▼
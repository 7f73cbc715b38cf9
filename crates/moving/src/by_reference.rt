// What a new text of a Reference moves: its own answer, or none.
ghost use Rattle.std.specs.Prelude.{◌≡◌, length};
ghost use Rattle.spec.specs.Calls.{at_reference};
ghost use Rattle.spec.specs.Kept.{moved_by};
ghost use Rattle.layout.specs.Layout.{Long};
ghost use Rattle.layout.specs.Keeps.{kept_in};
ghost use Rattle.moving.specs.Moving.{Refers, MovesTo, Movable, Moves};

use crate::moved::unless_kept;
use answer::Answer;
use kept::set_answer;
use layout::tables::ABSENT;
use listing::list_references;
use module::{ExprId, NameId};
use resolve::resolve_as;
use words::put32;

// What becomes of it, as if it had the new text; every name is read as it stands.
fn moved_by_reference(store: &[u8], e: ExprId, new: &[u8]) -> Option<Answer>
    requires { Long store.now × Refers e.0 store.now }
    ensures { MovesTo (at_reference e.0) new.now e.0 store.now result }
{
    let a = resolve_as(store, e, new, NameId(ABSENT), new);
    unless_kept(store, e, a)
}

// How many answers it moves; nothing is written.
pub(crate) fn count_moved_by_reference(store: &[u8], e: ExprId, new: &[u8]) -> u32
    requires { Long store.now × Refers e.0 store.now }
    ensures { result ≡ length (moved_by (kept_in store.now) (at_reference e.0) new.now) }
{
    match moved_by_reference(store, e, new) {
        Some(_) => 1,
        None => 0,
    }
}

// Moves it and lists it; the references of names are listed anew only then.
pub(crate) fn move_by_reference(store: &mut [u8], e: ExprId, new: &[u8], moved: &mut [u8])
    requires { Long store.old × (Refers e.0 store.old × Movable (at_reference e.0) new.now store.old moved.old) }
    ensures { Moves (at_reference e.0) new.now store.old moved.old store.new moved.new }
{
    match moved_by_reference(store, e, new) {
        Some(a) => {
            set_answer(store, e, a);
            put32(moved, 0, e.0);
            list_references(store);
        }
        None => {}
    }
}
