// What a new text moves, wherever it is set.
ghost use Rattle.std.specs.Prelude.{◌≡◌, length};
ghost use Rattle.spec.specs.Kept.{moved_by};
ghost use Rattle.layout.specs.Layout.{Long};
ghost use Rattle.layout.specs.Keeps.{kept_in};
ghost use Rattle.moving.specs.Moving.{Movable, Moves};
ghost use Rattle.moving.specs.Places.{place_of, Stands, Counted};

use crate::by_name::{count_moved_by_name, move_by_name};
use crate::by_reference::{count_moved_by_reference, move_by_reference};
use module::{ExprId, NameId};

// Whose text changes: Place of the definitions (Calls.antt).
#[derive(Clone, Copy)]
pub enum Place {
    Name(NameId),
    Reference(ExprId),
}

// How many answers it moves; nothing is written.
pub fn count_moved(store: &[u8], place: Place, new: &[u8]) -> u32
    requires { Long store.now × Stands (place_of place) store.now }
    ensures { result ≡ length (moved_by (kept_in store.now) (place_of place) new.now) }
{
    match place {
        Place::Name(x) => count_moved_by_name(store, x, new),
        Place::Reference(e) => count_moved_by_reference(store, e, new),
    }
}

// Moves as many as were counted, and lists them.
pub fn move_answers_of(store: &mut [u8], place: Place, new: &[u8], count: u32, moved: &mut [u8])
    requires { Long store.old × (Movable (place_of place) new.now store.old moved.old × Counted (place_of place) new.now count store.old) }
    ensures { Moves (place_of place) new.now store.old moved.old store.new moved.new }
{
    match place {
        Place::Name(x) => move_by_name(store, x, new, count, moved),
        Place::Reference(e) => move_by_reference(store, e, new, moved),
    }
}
▲
▼
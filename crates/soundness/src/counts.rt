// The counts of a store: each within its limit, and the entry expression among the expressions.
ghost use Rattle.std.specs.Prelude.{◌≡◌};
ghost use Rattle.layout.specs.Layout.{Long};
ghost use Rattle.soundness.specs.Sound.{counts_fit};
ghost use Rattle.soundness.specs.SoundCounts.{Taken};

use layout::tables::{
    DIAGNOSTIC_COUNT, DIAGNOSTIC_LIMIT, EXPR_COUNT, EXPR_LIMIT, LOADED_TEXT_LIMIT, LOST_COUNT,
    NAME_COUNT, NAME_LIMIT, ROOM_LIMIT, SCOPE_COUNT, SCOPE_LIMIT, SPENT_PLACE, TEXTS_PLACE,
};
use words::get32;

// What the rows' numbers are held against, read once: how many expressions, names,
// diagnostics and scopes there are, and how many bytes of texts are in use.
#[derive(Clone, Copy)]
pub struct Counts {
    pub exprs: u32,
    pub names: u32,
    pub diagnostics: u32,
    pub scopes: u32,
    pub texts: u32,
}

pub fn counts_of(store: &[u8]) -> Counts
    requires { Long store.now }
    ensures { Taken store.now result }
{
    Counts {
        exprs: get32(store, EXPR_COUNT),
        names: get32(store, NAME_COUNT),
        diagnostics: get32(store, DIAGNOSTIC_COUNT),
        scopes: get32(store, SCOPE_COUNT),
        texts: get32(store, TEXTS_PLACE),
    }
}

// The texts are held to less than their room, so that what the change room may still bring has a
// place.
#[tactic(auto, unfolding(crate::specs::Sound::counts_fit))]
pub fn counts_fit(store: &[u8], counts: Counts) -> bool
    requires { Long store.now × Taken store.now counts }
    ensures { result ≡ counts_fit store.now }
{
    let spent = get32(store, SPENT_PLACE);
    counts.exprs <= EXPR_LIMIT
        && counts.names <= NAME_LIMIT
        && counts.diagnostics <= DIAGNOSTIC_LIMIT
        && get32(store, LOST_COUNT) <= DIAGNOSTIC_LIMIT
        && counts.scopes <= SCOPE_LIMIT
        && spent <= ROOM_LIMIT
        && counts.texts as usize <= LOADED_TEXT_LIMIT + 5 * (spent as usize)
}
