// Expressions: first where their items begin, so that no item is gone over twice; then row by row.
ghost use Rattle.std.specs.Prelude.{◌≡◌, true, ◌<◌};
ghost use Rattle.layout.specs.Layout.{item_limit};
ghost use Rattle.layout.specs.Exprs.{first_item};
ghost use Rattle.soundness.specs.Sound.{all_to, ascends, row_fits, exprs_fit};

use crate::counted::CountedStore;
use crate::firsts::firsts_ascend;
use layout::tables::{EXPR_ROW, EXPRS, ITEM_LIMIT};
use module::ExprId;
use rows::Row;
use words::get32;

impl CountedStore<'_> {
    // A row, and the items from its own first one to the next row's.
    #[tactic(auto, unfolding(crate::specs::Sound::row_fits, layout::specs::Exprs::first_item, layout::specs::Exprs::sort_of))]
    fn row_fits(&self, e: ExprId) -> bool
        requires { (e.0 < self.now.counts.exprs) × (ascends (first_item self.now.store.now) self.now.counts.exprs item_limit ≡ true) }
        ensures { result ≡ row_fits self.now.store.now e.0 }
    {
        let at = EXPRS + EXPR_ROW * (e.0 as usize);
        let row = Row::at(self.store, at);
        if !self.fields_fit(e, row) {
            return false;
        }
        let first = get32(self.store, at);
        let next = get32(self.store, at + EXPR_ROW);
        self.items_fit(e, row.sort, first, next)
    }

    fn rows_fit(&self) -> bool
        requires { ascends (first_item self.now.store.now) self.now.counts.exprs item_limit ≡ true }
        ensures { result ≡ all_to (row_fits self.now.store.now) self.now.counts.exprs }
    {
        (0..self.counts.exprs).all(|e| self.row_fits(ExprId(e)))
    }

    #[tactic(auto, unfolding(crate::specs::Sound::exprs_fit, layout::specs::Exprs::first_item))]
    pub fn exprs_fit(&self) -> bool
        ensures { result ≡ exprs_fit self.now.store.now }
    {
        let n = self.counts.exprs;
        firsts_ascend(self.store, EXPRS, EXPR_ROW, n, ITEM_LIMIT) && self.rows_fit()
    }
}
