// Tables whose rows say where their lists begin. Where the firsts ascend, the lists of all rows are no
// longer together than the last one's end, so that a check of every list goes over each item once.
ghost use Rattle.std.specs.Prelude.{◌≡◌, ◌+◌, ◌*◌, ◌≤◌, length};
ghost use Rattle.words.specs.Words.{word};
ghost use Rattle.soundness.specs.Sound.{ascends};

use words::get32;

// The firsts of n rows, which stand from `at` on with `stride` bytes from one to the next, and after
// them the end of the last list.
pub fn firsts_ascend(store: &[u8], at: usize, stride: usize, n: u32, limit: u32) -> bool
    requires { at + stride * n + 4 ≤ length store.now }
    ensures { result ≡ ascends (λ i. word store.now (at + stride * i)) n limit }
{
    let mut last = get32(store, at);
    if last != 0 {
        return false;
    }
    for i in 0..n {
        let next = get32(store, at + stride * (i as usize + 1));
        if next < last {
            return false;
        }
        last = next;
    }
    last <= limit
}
▲
## PROBLEM DESCRIPTION
Return every line holding the word "result" from the records.

## TASK ANSWER
    ensures { MovesTo (at_reference e.0) new.now e.0 store.now result }
    ensures { result ≡ length (moved_by (kept_in store.now) (at_reference e.0) new.now) }
    ensures { result ≡ length (moved_by (kept_in store.now) (place_of place) new.now) }
    ensures { Taken store.now result }
    ensures { result ≡ counts_fit store.now }
        ensures { result ≡ row_fits self.now.store.now e.0 }
        ensures { result ≡ all_to (row_fits self.now.store.now) self.now.counts.exprs }
        ensures { result ≡ exprs_fit self.now.store.now }
    ensures { result ≡ ascends (λ i. word store.now (at + stride * i)) n limit }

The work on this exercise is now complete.